Click to enlarge photograph of Aldine Square, Vincennes Avenue, Chicago

Aldine Square, Chicago, Illnois, c. 1920

545 Aldine Square, Chicago (just off the photograph on the left-hand side) is the dwelling that Jelly Roll Morton gave as his permanent home address on his WWI Draft Registration Card. Jelly Roll was smart enough to add 37th & Vincennes as a clue, as Aldine Square was an obscure street then. It was built as one of several park-like streets in that area. It ran for a half block west of Vincennes just south of 36th Street. You could only go one way on it as it didn’t go anywhere. You could drive in and drive around a little park-like area and then out — sort of like many driveways.

The buildings would have been fairly substantial; probably brick, as the area had been built as fairly upscale housing. When the area became African-American, about the time Morton lived there; the buildings were owned by absentee landlords who divided the buildings into small rental dwellings, collected as much rent as they could and did little or nothing to maintain the buildings. The area went into a sharp decline and it was leveled during the late 1930s when the WPA constructed a large public housing project on the site. The street (Aldine Square) ceased to exist at that time.

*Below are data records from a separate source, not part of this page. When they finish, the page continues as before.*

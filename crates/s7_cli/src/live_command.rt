//! A live run: several workers run an image, and the history that they made is written, and its
//! run.
ghost use Rattle.std.specs.Prelude.{◌≡◌, ℕ, ◌^◌, ◌<◌, ◌≤◌, List, ◌++◌, codes, length, map, All, IfOk, Some};
ghost use Rattle.plc_io.specs.Moments.{FilesAt};
ghost use Rattle.plc_io.specs.SinkBytes.{WroteText};
ghost use Rattle.machine.specs.Flat.{code_of};
ghost use Rattle.var_access.specs.Entry.{IsValid};
ghost use Rattle.var_access.specs.Runs.{AreRuns, entries_of_runs};
ghost use Rattle.event_text.specs.HistoryText.{history_text};
ghost use Rattle.s7_cli.specs.Answer.{done_answer};
ghost use Rattle.s7_cli.specs.Command.{Live};
ghost use Rattle.s7_cli.specs.Ends.{EndsWithStatus, sink_moments};
ghost use Rattle.s7_cli.specs.Inner.{ComesBeforeLine, CommandComesTo, SaysRefusal};
ghost use Rattle.s7_cli.specs.LiveSays.{live_text};
ghost use Rattle.s7_cli.specs.LiveTexts.{IsLiveText, LiveTextSays, live_contents};
ghost use Rattle.s7_cli.specs.Reading.{disk_moments};
ghost use Rattle.s7_cli.specs.StatusTable.{StatusTable};
ghost use Rattle.s7_cli.specs.run_text.Behind.{program_of_recording};
ghost use Rattle.s7_cli.specs.run_text.RunText.{run_text};

use crate::command_checks::{LiveWork, check_live};
use crate::failures::{ExitStatus, Failure};
use crate::files::{LiveText, read_live};
use crate::finish::{end_command, outcome_of_write};
use crate::living::live_run;
use crate::run_text::replay_text;
use controller::Controller;
use event_text::write_history;
use plc_base::NoMemory;
use plc_io::{Files, Gate, IoFault, Sink, push_all};
use std::alloc::Global;
use std::sync::Wait;
use std::thread::Threads;
use var_access::{Entries, Run};

/// Checks what the files of a live run hold, and lets its workers make a history.
fn live_controller<R: Threads + Wait + Sync, G: Gate + Sync>(
    rt: &R,
    alloc: Global,
    text: &LiveText,
    steps: u32,
    gate: &G,
) -> Result<Controller, Failure>
    requires text { IsLiveText text.now }
    requires steps { steps ≤ 1000000 }
    ensures says { IfOk result
        (λ c. LiveTextSays steps text.now
        (done_answer (live_text (program_of_recording c) c.history))) }
    ensures valid { IfOk result (λ c. All IsValid c.history) }
    ensures refused { SaysRefusal (LiveTextSays steps text.now) result }
{
    event_text::laws::written_is_read();
    let LiveWork {
        program,
        stimuli,
        scripts,
    } = check_live(alloc, text)?;
    Ok(live_run(rt, alloc, program, steps, &stimuli, &scripts, gate)?)
}

/// The entries of runs.
fn entries_of(alloc: Global, runs: &[Run]) -> Result<Entries, NoMemory>
    requires are { AreRuns runs.now }
    requires bounded { length (entries_of_runs runs.now) < 2 ^ 64 }
    ensures { IfOk result (λ v. v.entries ≡ entries_of_runs runs.now) }
{
    let mut entries = Entries::new(alloc);
    for run in runs {
        entries.append(&run.entry, run.count)?;
    }
    Ok(entries)
}

/// Writes the history of a controller, and a line `---`.
fn push_history<K: Sink>(alloc: Global, controller: &Controller, out: &mut K) -> Result<(), IoFault>
    ensures { WroteText (K.shown out.old) (K.shown out.new)
        (history_text controller.now.history ++ codes "---\n") result }
{
    let history = write_history(alloc, controller)?;
    push_all(out, &history)?;
    push_all(out, b"---\n")
}

/// Writes the text of the run of a controller's history.
fn replay_history<K: Sink>(
    alloc: Global,
    controller: Controller,
    out: &mut K,
) -> Result<(), IoFault>
    requires { All IsValid controller.history }
    ensures { WroteText (K.shown out.old) (K.shown out.new)
        (let p = program_of_recording controller in
        run_text p.profile (code_of p.program) controller.history) result }
{
    // a history has fewer than 2^64 entries
    let _len = controller.history_len();
    let entries = entries_of(alloc, controller.runs())?;
    replay_text(alloc, controller.into_program(), &entries, out)
}

/// Writes the history of a controller, a line `---`, and the text of the history's run.
pub fn write_live<K: Sink>(
    alloc: Global,
    controller: Controller,
    out: &mut K,
) -> Result<(), IoFault>
    requires { All IsValid controller.history }
    ensures { WroteText (K.shown out.old) (K.shown out.new)
        (live_text (program_of_recording controller) controller.history) result }
{
    push_history(alloc, &controller, out)?;
    replay_history(alloc, controller, out)
}

/// Checks what the files of a live run hold, lets the workers work, and writes what they made.
fn live_read<R: Threads + Wait + Sync, K: Sink, G: Gate + Sync>(
    rt: &R,
    alloc: Global,
    text: &LiveText,
    steps: u32,
    out: &mut K,
    gate: &G,
) -> Result<(), Failure>
    requires text { IsLiveText text.now }
    requires steps { steps ≤ 1000000 }
    ensures { let took = sink_moments (K.shown out.old) (K.shown out.new) in
        (img stim : List ℕ) (ops : List (List ℕ)) (at : FilesAt)
        → CommandComesTo (Live img stim ops steps) (live_contents text.now)
        (disk_moments at at) took result }
{
    let controller = live_controller(rt, alloc, text, steps, gate)?;
    outcome_of_write(write_live(alloc, controller, out))
}

/// Reads an image, stimuli and scripts, checks all, lets the workers work, and writes what they
/// made.
fn live<R: Threads + Wait + Sync, F: Files, K: Sink, G: Gate + Sync>(
    rt: &R,
    alloc: Global,
    img: &str,
    stim: &str,
    ops: &[&str],
    steps: u32,
    files: &mut F,
    out: &mut K,
    gate: &G,
) -> Result<(), Failure>
    requires ops { (1 ≤ length ops.now) × (length ops.now ≤ 4) }
    requires steps { steps ≤ 1000000 }
    ensures { let went = disk_moments (F.shown files.old) (F.shown files.new) in
        let took = sink_moments (K.shown out.old) (K.shown out.new) in
        ComesBeforeLine (Some (Live img.now stim.now (map (λ w. w.now) ops.now) steps)) went
        took result }
{
    let text = read_live(alloc, files, img, stim, ops)?;
    live_read(rt, alloc, &text, steps, out, gate)
}

/// Lets several workers run the image in the file `img` beside each other: a stepper makes `steps`
/// steps, or fewer where one of them leaves STOP; a feeder makes the entries of the file `stim`;
/// and an operator for each file of `ops` asks what that holds, where the names of the image are
/// known. Each passes `gate` before each of its entries. Then the history that they made is
/// written, a line `---`, and the text of the history's run; or the line of a refusal.
pub fn cmd_live<R: Threads + Wait + Sync, F: Files, K: Sink, G: Gate + Sync>(
    rt: &R,
    alloc: Global,
    img: &str,
    stim: &str,
    ops: &[&str],
    steps: u32,
    files: &mut F,
    out: &mut K,
    gate: &G,
) -> ExitStatus
    requires ops { (1 ≤ length ops.now) × (length ops.now ≤ 4) }
    requires steps { (1 ≤ steps) × (steps ≤ 1000000) }
    ensures ends { let went = disk_moments (F.shown files.old) (F.shown files.new) in
        EndsWithStatus (Some (Live img.now stim.now (map (λ w. w.now) ops.now) steps)) went
        (sink_moments (K.shown out.old) (K.shown out.new)) result.code }
    ensures table { let went = disk_moments (F.shown files.old) (F.shown files.new) in
        StatusTable (Some (Live img.now stim.now (map (λ w. w.now) ops.now) steps)) went
        (sink_moments (K.shown out.old) (K.shown out.new)) result.code }
{
    let came = live(rt, alloc, img, stim, ops, steps, files, out, gate);
    end_command(out, came)
}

The area is undergoing revitalization these days — some of the worst of the public housing has been taken down and there is significant new construction going on — the first privately funded building in the area in almost a hundred years. The area was originally part of a 53-acre estate called “Oakenwald,” owned by Sen. Stephen Douglas (of the Lincoln-Douglas Debates), who is buried in the area and memorialized with a monument. During the Civil War the area housed Camp Douglas, a containment center for Confederate prisoners of war, and a number of them are buried in a small cemetery a few blocks north of the site. [PVV 2]

Note: A former U.S. government agency, the WPA was established in 1935 by executive order of President Franklin D. Roosevelt as the Works Progress Administration; it was renamed the Work Projects Administration in 1939, when it was made part of the Federal Works Agency.